If the old first control-plane server type cannot be recreated, do not keep hammering Terraform against exhausted capacity. Append a new control-plane pool with available capacity, join clean voters, then retire the old pool according to the root/module constraints. If the root cannot safely model first-pool count = 0, keep a small non-serving placeholder or use state surgery only after proving the exact resource-address impact.

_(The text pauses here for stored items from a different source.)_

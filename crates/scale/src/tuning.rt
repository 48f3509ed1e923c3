//! Tunings whose numbers are in range.
ghost use Rattle.std.specs.Prelude.{◌≡◌, ◌<◌, ◌≤◌, ◌&&◌, if◌then◌else◌, Some, None, nat_le};

use thiserror::Error;

/// The units of the largest octave.
const LARGEST_OCTAVE: u32 = 1_000_000_000;

/// An octave of so many units, an interval of so many, and how many notes.
// It has no model, which would hide from callers what holds of each tuning.
#[derive(Clone, Copy, Debug, PartialEq, Eq)]
pub struct Tuning {
    pub octave: u32,
    pub interval: u32,
    pub notes: u32,
    ghost some_units: { 0 < octave },
    ghost few_units: { octave ≤ 1000000000 },
    ghost below_octave: { interval < octave },
    ghost some_notes: { 0 < notes },
    ghost few_notes: { notes ≤ octave },
}

/// Which of a tuning's numbers is the first out of range.
#[derive(Clone, Copy, Debug, PartialEq, Eq, Error)]
pub enum RangeError {
    #[error("the octave is not 1 to 1,000,000,000 units")]
    Octave = 0,
    #[error("the interval is not below the octave")]
    Interval = 1,
    #[error("there are not 1 to as many notes as the octave has units")]
    Notes = 2,
}

impl RangeError {
    ghost use Rattle.scale.specs.Range.{place_of};

    /// The place of the number among the three.
    // Not `From`: `u32::from` would not say that it is a place.
    pub fn place(self) -> u32
        ensures { result ≡ place_of self }
    {
        self as u32
    }
}

impl Tuning {
    ghost use Rattle.scale.specs.Range.{new_said, tuning_from};

    /// The tuning of these numbers, or which of them is the first out of range.
    // Three numbers and no struct: crates are in layers, and the struct that has them unchecked is not of a lower one.
    pub fn new(octave: u32, interval: u32, notes: u32) -> Result<Tuning, RangeError>
        ensures { new_said result ≡ tuning_from octave interval notes }
    {
        let Some(octave) = within(1, octave, LARGEST_OCTAVE) else {
            return Err(RangeError::Octave);
        };
        let Some(interval) = within(0, interval, octave - 1) else {
            return Err(RangeError::Interval);
        };
        let Some(notes) = within(1, notes, octave) else {
            return Err(RangeError::Notes);
        };
        Ok(Tuning {
            octave,
            interval,
            notes,
        })
    }

    /// The units of the octave.
    pub fn octave(self) -> u32
        ensures value { result ≡ self.octave }
        ensures some { 0 < result }
        ensures few { result ≤ 1000000000 }
    {
        self.octave
    }

    /// The units of the interval.
    pub fn interval(self) -> u32
        ensures value { result ≡ self.interval }
        ensures below { result < self.octave }
    {
        self.interval
    }

    /// How many notes there are.
    pub fn notes(self) -> u32
        ensures value { result ≡ self.notes }
        ensures some { 0 < result }
        ensures few { result ≤ self.octave }
    {
        self.notes
    }
}

// A number that is in range.
fn within(least: u32, number: u32, most: u32) -> Option<u32>
    ensures { result ≡ (if nat_le least number && nat_le number most then Some number else None) }
{
    (least..=most).contains(&number).then_some(number)
}
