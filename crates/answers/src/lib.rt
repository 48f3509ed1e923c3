//! Answers orders: the checks in their order, and then the order done.
#![tactic(auto)]

ghost use Rattle.std.specs.Prelude.{◌≡◌, length, Err};
ghost use Rattle.scale.specs.Range.{place_of};
ghost use Rattle.answers.specs.Reply.{reply, said, written};

use scale::tuning::{RangeError, Tuning};
use wire::answer::{Answer, Refusal, Refused};
use wire::order::{Order, RawTuning};

#[cfg(test)]
mod tests;

/// How many bytes an answer is lent.
pub const ROOM: usize = 64;

/// Answers the order: a refusal's bytes are written to the front of `out`, if that has room; what passes the checks is handed on.
// That a reply is the one to these bytes is said of each function that hands one on: no struct holds both.
pub fn answer(order: &[u8], out: &mut [u8]) -> Result<Order<Tuning>, Refused>
    ensures value { said result ≡ reply order.now (length out.old) }
    ensures after { out.new ≡ written (reply order.now (length out.old)) out.old }
{
    let reply = checked(order, out.len());
    if let Err(refused) = reply {
        refuse(refused, out);
    }
    reply
}

// The checks, in their order, each by `let .. else` where its refusal is known.
fn checked(bytes: &[u8], room: usize) -> Result<Order<Tuning>, Refused>
    ensures { said result ≡ reply bytes.now room }
{
    let Ok(order) = Order::try_from(bytes) else {
        return Err(Refusal::Unreadable.at(Order::misfit(bytes)));
    };
    let RawTuning {
        octave,
        interval,
        notes,
    } = order.tuning();
    let tuning = Tuning::new(octave, interval, notes).map_err(out_of_range)?;
    let Some(_) = room.checked_sub(ROOM) else {
        return Err(Refusal::NoRoom.at(0));
    };
    Ok(order.asked_of(tuning))
}

// The refusal of a tuning whose first number out of range is this one. Not `From`: neither type is of this crate.
fn out_of_range(number: RangeError) -> Refused
    ensures { result ≡ record { refusal = Refusal.OutOfRange; place = place_of number } }
{
    Refusal::OutOfRange.at(number.place())
}

// Writes a refusal, if there is room for an answer.
fn refuse(refused: Refused, out: &mut [u8])
    ensures { out.new ≡ written (Err refused) out.old }
{
    if out.len() >= ROOM {
        let _ = Answer::Refused(refused).write(out);
    }
}
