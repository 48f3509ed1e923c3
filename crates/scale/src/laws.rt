//! What holds of every scale. These functions do nothing: their contracts are the theorems, and proofs/Theorems.antt leads to the proofs.
ghost use Rattle.scale.specs.Promise.{ThreeAtMost, GoRound, ByRules, OneMore, Downwards, Spans};
ghost use Rattle.scale.specs.Laws.{HeightsAdd, HeightsSubtract, HeightsDown, QuotientSmall, CeilingLeast, ShortfallLeast, TurnsBegin};
ghost use Rattle.scale.specs.Laws.{NoNoteNearer, BasisExists, BasisTold, BasisBegins, BasisGrows, IntervalNeeded, RepeatsJustIf};
ghost use Rattle.scale.specs.Laws.{StepsByBasis, SizesListed, StepsCounted, NoteAlone, WholeJustIf, FirstWhole};
ghost use Rattle.scale.specs.Laws.{NextPlace, PlacesByHeight, PlacesDiffer, PlacesFilled};
ghost use Rattle.scale.specs.Scales.{FiveFifths, SevenFifths, SevenInTwelve};

/// There are at most three sizes of steps, and if there are three the largest is the other two together.
#[tactic(auto, using(crate::proofs::Theorems::three_at_most))]
pub fn three_sizes_at_most()
    ensures { ThreeAtMost }
{}

/// All steps together are an octave.
#[tactic(auto, using(crate::proofs::Theorems::go_round))]
pub fn steps_go_round()
    ensures { GoRound }
{}

/// With a and b the numbers of the notes next above and next below note 0: after note k comes k + a, if that is there; else k + a - b for k below b,
/// and k - b for the others.
#[tactic(auto, using(crate::proofs::Theorems::by_rules))]
pub fn next_by_rules()
    ensures { ByRules }
{}

/// One note more, at a new height, cuts one step in two, and no other.
#[tactic(auto, using(crate::proofs::Theorems::one_more))]
pub fn one_note_more()
    ensures { OneMore }
{}

/// The interval down in place of up, if it is above 0, makes the same sizes, and as many of each.
#[tactic(auto, using(crate::proofs::Theorems::downwards))]
pub fn interval_downwards()
    ensures { Downwards }
{}

/// A whole scale of two notes or more has at most two sizes of steps, and two spans of the same number of steps, up to as many as there are notes, are
/// the same or differ by as much as the sizes do.
#[tactic(auto, using(crate::proofs::Theorems::spans))]
pub fn spans_of_whole_scales()
    ensures { Spans }
{}

/// The heights of a sum and of a difference of notes, and those with the interval down.
#[tactic(auto, using(crate::proofs::Theorems::heights_add, crate::proofs::Theorems::heights_subtract, crate::proofs::Theorems::heights_down))]
pub fn height_laws()
    ensures add { HeightsAdd }
    ensures subtract { HeightsSubtract }
    ensures down { HeightsDown }
{}

/// What quotients of products come to, and where the turns round the octave begin.
#[tactic(auto, using(crate::proofs::Theorems::quotient_small, crate::proofs::Theorems::ceiling_least, crate::proofs::Theorems::turns_begin))]
pub fn quotient_laws()
    ensures small { QuotientSmall }
    ensures ceiling { CeilingLeast }
    ensures shortfall { ShortfallLeast }
    ensures turns { TurnsBegin }
{}

/// The basis of a tuning, two notes next to note 0: that it exists, which notes it has, how it is found, and when notes repeat.
#[tactic(auto, using(crate::proofs::Theorems::basis_exists, crate::proofs::Theorems::basis_begins, crate::proofs::Theorems::interval_needed))]
pub fn basis_laws()
    ensures nearest { NoNoteNearer }
    ensures exists { BasisExists }
    ensures told { BasisTold }
    ensures begins { BasisBegins }
    ensures grows { BasisGrows }
    ensures needed { IntervalNeeded }
    ensures repeats { RepeatsJustIf }
{}

/// From the basis follow the step of every note and its next note, the sizes of steps, and how many there are of each; and the same of one note alone.
#[tactic(auto, using(crate::proofs::Theorems::sizes_listed, crate::proofs::Theorems::steps_counted))]
pub fn step_laws()
    ensures steps { StepsByBasis }
    ensures sizes { SizesListed }
    ensures counted { StepsCounted }
    ensures alone { NoteAlone }
{}

/// From the basis follows which numbers of notes make a whole scale.
#[tactic(auto, using(crate::proofs::Theorems::whole_just_if))]
pub fn whole_scale_laws()
    ensures whole { WholeJustIf }
    ensures first { FirstWhole }
{}

/// Places go by height, and each has one note; the next note stands one place higher, and after the last place at place 0.
#[tactic(auto, using(crate::proofs::Theorems::next_place, crate::proofs::Theorems::places_by_height, crate::proofs::Theorems::places_differ, crate::proofs::Theorems::places_filled))]
pub fn place_laws()
    ensures next { NextPlace }
    ensures height { PlacesByHeight }
    ensures differ { PlacesDiffer }
    ensures filled { PlacesFilled }
{}

/// Three scales written out: their notes by height, and their sizes of steps with how many there are of each.
#[tactic(auto, using(crate::proofs::Theorems::five_fifths, crate::proofs::Theorems::seven_fifths, crate::proofs::Theorems::seven_in_twelve))]
pub fn worked_scales()
    ensures five { FiveFifths }
    ensures seven { SevenFifths }
    ensures twelve { SevenInTwelve }
{}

Secret And Incident Boundary

Immutable replacement reduces old-host persistence risk. It does not prove secrets were not exfiltrated before replacement. If the incident is confirmed rather than precautionary, report that credential rotation, image provenance review, and workload redeploy from trusted artifacts remain required.

Live Health Checks

Use checks appropriate for the cluster. Examples:

# API readiness
kubectl --kubeconfig <kubeconfig> get --raw='/readyz?verbose'

# Workload readiness
kubectl --kubeconfig <kubeconfig> get deploy,sts,pods -A -o wide

# Ingress/LB readiness, if hcloud is configured
hcloud load-balancer describe <load-balancer-name>

# Application readiness, if available
for i in 1 2 3 4 5; do
  curl -sS -o /dev/null -w "$i %{http_code}\n" <readiness-url>
  sleep 2
done

Old system-upgrade pods may show Unknown after node restarts while their jobs are Complete. Treat that as cleanup noise only if the plans are complete, all nodes are ready, and workloads are healthy.

Firewall Closure Proof

If SSH/API access was opened for the run, close it in its own final Terraform plan after cluster health is proven.

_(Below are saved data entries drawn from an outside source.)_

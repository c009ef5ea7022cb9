//! The checker's verdicts after a change of an account or of octets.

use row_format::Row;
use row_format::refusal::{Refusal, refuse};
use std::alloc::{AllocError, Global};
use test_program_answers::asnc::{Fault, number};
use test_program_answers::check_jobs::value_of;
use test_program_answers::judging::{Verdict, answer, judge};
use test_program_answers::{Asked, asked_in};

/// The kinds of an account's rows.
const KINDS: [&str; 8] = [
    "leaf", "wrap", "seq", "seqof", "set", "setof", "absent", "default",
];

/// How often the verdict was yes, how often it was no, how often there was none since the account is none (100), and
/// how often there was none for another reason, after changes of one kind.
#[derive(Clone, Copy, Default)]
struct Tally {
    yes: usize,
    no: usize,
    refused: usize,
    other: usize,
}

impl Tally {
    /// A line with the verdicts after changes of one kind.
    fn line(&self, alloc: Global, what: &str) -> Result<String, AllocError> {
        let Tally {
            yes,
            no,
            refused,
            ..
        } = *self;
        format!(in alloc; "\n{what}: {yes} yes, {no} no, {refused} refused")
    }
}

/// Asks for a verdict on changed octets or on a changed account.
fn tried(
    alloc: Global,
    asked: &Asked,
    octets: &[u8],
    account: &[u8],
    tally: &mut Tally,
) -> Result<(), AllocError> {
    let texts = asked.texts();
    let (ty, value) = (asked.job.ty.as_str(), value_of(&asked.job));
    match judge(alloc, texts, ty, value, octets, account) {
        Ok(Verdict::Yes) => tally.yes = tally.yes.saturating_add(1),
        Ok(Verdict::No(_)) => tally.no = tally.no.saturating_add(1),
        Err(Fault::Memory) => return Err(AllocError),
        Err(fault) => {
            if number(&fault) == 100 {
                tally.refused = tally.refused.saturating_add(1);
            } else {
                tally.other = tally.other.saturating_add(1);
            }
        }
    }
    Ok(())
}

/// A part of a text: the place of its first octet, and the place after its last one.
#[derive(Clone, Copy)]
struct Span {
    start: usize,
    end: usize,
}

/// The part of a text in a span.
fn part(text: &str, span: Span) -> &str {
    text.get(span.start..span.end).unwrap_or("")
}

/// A text in which the span is replaced by another part.
fn replaced(alloc: Global, text: &str, span: Span, part: &str) -> Result<String, AllocError> {
    let mut out = String::from_str(alloc, text.get(..span.start).unwrap_or(""))?;
    out.push_str(part)?;
    out.push_str(text.get(span.end..).unwrap_or(""))?;
    Ok(out)
}

/// The numbers in a text.
fn numbers(alloc: Global, text: &str) -> Result<Vec<Span>, AllocError> {
    let mut spans = Vec::new(alloc);
    let mut start = None;
    let mut at: usize = 0;
    for octet in text.as_bytes() {
        match start {
            None if octet.is_ascii_digit() => start = Some(at),
            Some(first) if !octet.is_ascii_digit() => {
                spans.push(Span {
                    start: first,
                    end: at,
                })?;
                start = None;
            }
            _ => {}
        }
        at = at.saturating_add(1);
    }
    Ok(spans)
}

/// The rows in the text of an account.
fn rows(alloc: Global, text: &str) -> Result<Vec<Span>, AllocError> {
    let mut spans = Vec::new(alloc);
    let mut depth: usize = 0;
    let mut start: usize = 0;
    let mut at: usize = 0;
    for octet in text.as_bytes() {
        if *octet == b'[' {
            depth = depth.saturating_add(1);
            if depth == 2 {
                start = at;
            }
        }
        let after = at.saturating_add(1);
        if *octet == b']' {
            if depth == 2 {
                spans.push(Span { start, end: after })?;
            }
            depth = depth.saturating_sub(1);
        }
        at = after;
    }
    Ok(spans)
}

/// Changes each number to the next greater and to the next smaller one.
fn other_numbers(alloc: Global, asked: &Asked, text: &str) -> Result<Tally, AllocError> {
    let mut tally = Tally::default();
    for span in &numbers(alloc, text)? {
        let number = part(text, *span).parse::<i64>().unwrap_or(0);
        let up = format!(in alloc; "{}", number.saturating_add(1))?;
        let down = format!(in alloc; "{}", number.saturating_sub(1))?;
        let more = replaced(alloc, text, *span, up.as_str())?;
        let less = replaced(alloc, text, *span, down.as_str())?;
        let octets = asked.octets();
        tried(alloc, asked, octets, more.as_bytes(), &mut tally)?;
        tried(alloc, asked, octets, less.as_bytes(), &mut tally)?;
    }
    Ok(tally)
}

/// The span of a row and of the comma next to it.
fn with_comma(text: &str, span: Span) -> Span {
    let after = Span {
        start: span.end,
        end: span.end.saturating_add(1),
    };
    if part(text, after) == "," {
        Span {
            start: span.start,
            end: after.end,
        }
    } else {
        Span {
            start: span.start.saturating_sub(1),
            end: span.end,
        }
    }
}

/// Leaves out each row in turn.
fn fewer_rows(alloc: Global, asked: &Asked, text: &str) -> Result<Tally, AllocError> {
    let mut tally = Tally::default();
    for span in &rows(alloc, text)? {
        let less = replaced(alloc, text, with_comma(text, *span), "")?;
        tried(alloc, asked, asked.octets(), less.as_bytes(), &mut tally)?;
    }
    Ok(tally)
}

/// Repeats each row in turn.
fn more_rows(alloc: Global, asked: &Asked, text: &str) -> Result<Tally, AllocError> {
    let mut tally = Tally::default();
    for span in &rows(alloc, text)? {
        let row = part(text, *span);
        let twice = format!(in alloc; "{row},{row}")?;
        let more = replaced(alloc, text, *span, twice.as_str())?;
        tried(alloc, asked, asked.octets(), more.as_bytes(), &mut tally)?;
    }
    Ok(tally)
}

/// The span of the name of a row's kind.
fn kind_span(text: &str, row: Span) -> Span {
    let start = row.start.saturating_add(2);
    let rest = text.get(start..row.end).unwrap_or("");
    let length = rest.find('"').unwrap_or(0);
    Span {
        start,
        end: start.saturating_add(length),
    }
}

/// Changes the kind of one row to each other kind.
fn as_other_kinds(
    alloc: Global,
    asked: &Asked,
    text: &str,
    row: Span,
    tally: &mut Tally,
) -> Result<(), AllocError> {
    let span = kind_span(text, row);
    for kind in &KINDS {
        if *kind != part(text, span) {
            let other = replaced(alloc, text, span, kind)?;
            tried(alloc, asked, asked.octets(), other.as_bytes(), tally)?;
        }
    }
    Ok(())
}

/// Changes the kind of each row to each other kind.
fn other_kinds(alloc: Global, asked: &Asked, text: &str) -> Result<Tally, AllocError> {
    let mut tally = Tally::default();
    for row in &rows(alloc, text)? {
        as_other_kinds(alloc, asked, text, *row, &mut tally)?;
    }
    Ok(tally)
}

/// The octets with one bit changed.
pub fn with_bit(
    alloc: Global,
    octets: &[u8],
    place: usize,
    bit: u8,
) -> Result<Vec<u8>, AllocError> {
    let mut out = Vec::new(alloc);
    let mut at: usize = 0;
    for octet in octets {
        out.push(if at == place { *octet ^ bit } else { *octet })?;
        at = at.saturating_add(1);
    }
    Ok(out)
}

/// Changes each bit of one octet in turn.
fn other_bits_of(
    alloc: Global,
    asked: &Asked,
    text: &str,
    place: usize,
    tally: &mut Tally,
) -> Result<(), AllocError> {
    for bit in &[1u8, 2, 4, 8, 16, 32, 64, 128] {
        let other = with_bit(alloc, asked.octets(), place, *bit)?;
        tried(alloc, asked, other.as_slice(), text.as_bytes(), tally)?;
    }
    Ok(())
}

/// Changes each bit of the octets in turn.
fn other_bits(alloc: Global, asked: &Asked, text: &str) -> Result<Tally, AllocError> {
    let mut tally = Tally::default();
    for place in 0..asked.octets().len() {
        other_bits_of(alloc, asked, text, place, &mut tally)?;
    }
    Ok(tally)
}

/// A line with the verdict on the account itself, and one for each kind of change.
fn lines(alloc: Global, asked: &Asked, text: &str) -> Result<String, AllocError> {
    let mut out = other_numbers(alloc, asked, text)?.line(alloc, "numbers")?;
    let less = fewer_rows(alloc, asked, text)?.line(alloc, "rows left out")?;
    let more = more_rows(alloc, asked, text)?.line(alloc, "rows doubled")?;
    let kinds = other_kinds(alloc, asked, text)?.line(alloc, "rows of another kind")?;
    let bits = other_bits(alloc, asked, text)?.line(alloc, "bits of the octets")?;
    for line in &[less, more, kinds, bits] {
        out.push_str(line.as_str())?;
    }
    Ok(out)
}

/// How many answers to changes of an account or of its octets are wrong: a yes, a refusal of another number than 100,
/// and, of octets with one bit changed, each that isn't a no.
pub fn wrong_answers(alloc: Global, asked: &Asked, text: &str) -> Result<usize, AllocError> {
    let bits = other_bits(alloc, asked, text)?;
    let mut wrong = bits.refused;
    for tally in &[
        bits,
        other_numbers(alloc, asked, text)?,
        fewer_rows(alloc, asked, text)?,
        more_rows(alloc, asked, text)?,
        other_kinds(alloc, asked, text)?,
    ] {
        wrong = wrong.saturating_add(tally.yes).saturating_add(tally.other);
    }
    Ok(wrong)
}

/// `sweep NAME WORD..`: the words are those of octcheck, for an account without white space whose verdict is yes. The
/// answer is that verdict, and for each kind of change how often the verdict was yes, how often it was no, and how
/// often there was none. The changes are: each number one up or down, each row left out, doubled or of another kind,
/// and each bit of the octets.
pub fn sweep(alloc: Global, row: &Row) -> Result<String, Refusal> {
    let asked = asked_in(alloc, row, "octcheck")?;
    let text = str::from_utf8(asked.account()).unwrap_or("").trim();
    let (ty, value) = (asked.job.ty.as_str(), value_of(&asked.job));
    let (texts, octets) = (asked.texts(), asked.octets());
    match judge(alloc, texts, ty, value, octets, text.as_bytes()) {
        Ok(verdict) => {
            let mut out = String::from_str(alloc, answer(verdict))?;
            out.push_str(lines(alloc, &asked, text)?.as_str())?;
            Ok(out)
        }
        Err(fault) => Err(refuse(alloc, &fault)),
    }
}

# Remove local ignored access tfvars/env overrides first, then:
terraform plan -input=false -parallelism=1 -out=operator-close.tfplan
terraform apply -input=false -parallelism=1 operator-close.tfplan
rm -f operator-close.tfplan
terraform plan -input=false -parallelism=1 -detailed-exitcode

Then verify:

Cloud firewall rules no longer include temporary SSH/API source CIDRs.
Public kubectl from the closed source fails or times out, unless the cluster intentionally exposes the API through a control-plane LB.
Public ingress/application readiness still succeeds.

Final Report

Report:

Module version/source before and after.
K3s version/channel before and after.
HA assessment: control plane/etcd count, agent pools, ingress replicas, application replicas, and singleton stateful risks.
Terraform proof: fmt, validate, final plan -detailed-exitcode result.
Kubernetes proof: node versions, upgrade plans complete, API readyz, deployments/statefulsets ready.
Ingress/app proof: load balancer target health and application readiness.
Immutable replacement proof, if used: old servers gone, replacement nodes Ready, etcd membership contains only intended voters, stateful data integrity checks passed, and firewall access is closed again.
Any incident during the upgrade and the corrective setting or action.
Remaining risks and the exact condition that would make them safe.

Git Hygiene

Before committing:

git status --short
git ls-files | rg '(^|/)(.*kubeconfig.*|.*\.tfstate(\.backup)?|\.terraform/|.*\.tfvars|.*\.auto\.tfvars|\.terraform\.local\.env)$' || true
git diff --cached --check

If a secret-bearing local file is tracked, remove it from the index with git rm --cached <path>, add an ignore rule, and keep the local file only if it is still operationally needed.